Saturday 1 August 2020

Death of a forgotten anomaly

Anomalies come with a big splash, but often go down quietly. A recent ATLAS measurement, just posted on arXiv, killed a long-standing and by now almost forgotten anomaly from the LEP collider.  LEP was an electron-positron collider operating some time in the late Holocene. Its most important legacy is the very precise measurements of the interaction strength between the Z boson and matter, which to this day are unmatched in accuracy. In the second stage of the experiment, called LEP-2, the collision energy was gradually raised to about 200 GeV, so that pairs of W bosons could be produced.

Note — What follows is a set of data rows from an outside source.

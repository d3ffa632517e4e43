//! Laws of rows, over their definitions alone.

ghost use Rattle.std.specs.Prelude.{◌≡◌, ◌+◌, ◌<◌, ◌++◌, ◌∷◌, [], ℕ, List};
ghost use Rattle.surf_kinds.specs.declared.site.SpeciesId.{SpeciesId};
ghost use Rattle.surface_rows.specs.Rows.{row_line, rows_text};

/// The text of rows is that of the rows before the last one and the line of the last, and each row's line follows the
/// text of those before it.
pub fn rows_follow_each_other()
    ensures none { (names : List (List ℕ)) (cols : ℕ) (cells : List SpeciesId) → [] ≡ rows_text names 0 cols cells }
    ensures more { (names : List (List ℕ)) (rows cols : ℕ) (cells : List SpeciesId)
        → rows_text names rows cols cells ++ (row_line names cols cells rows ++ 10 ∷ []) ≡ rows_text names (rows + 1) cols cells }
    ensures within { (names : List (List ℕ)) (row rows cols : ℕ) (cells : List SpeciesId) → row < rows
        → (rest : List ℕ) × ((rows_text names row cols cells ++ (row_line names cols cells row ++ 10 ∷ [])) ++ rest ≡ rows_text names rows cols cells) }
{}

The experiment was able to measure the branching fractions for W decays into electrons, muons, and tau leptons.  These are precisely predicted by the Standard Model: they should be equal to 10.8%, independently of the flavor of the lepton (up to a very small correction due to the lepton masses).  However, LEP-2 found 

Br(W → τν)/Br(W → eν) = 1.070 ± 0.029,     Br(W → τν)/Br(W → μν) = 1.076 ± 0.028.

While the decays to electrons and muons conformed very well to the Standard Model predictions, 
there was a 2.8 sigma excess in the tau channel. The question was whether it was simply a statistical fluctuation or new physics violating the Standard Model's sacred principle of lepton flavor universality. The ratio Br(W → τν)/Br(W → eν) was later measured at the Tevatron, without finding any excess, however the errors were larger. More recently, there have been hints of large lepton flavor universality violation in B-meson decays, so it was not completely crazy to think that the LEP-2 excess was a part of the same story.  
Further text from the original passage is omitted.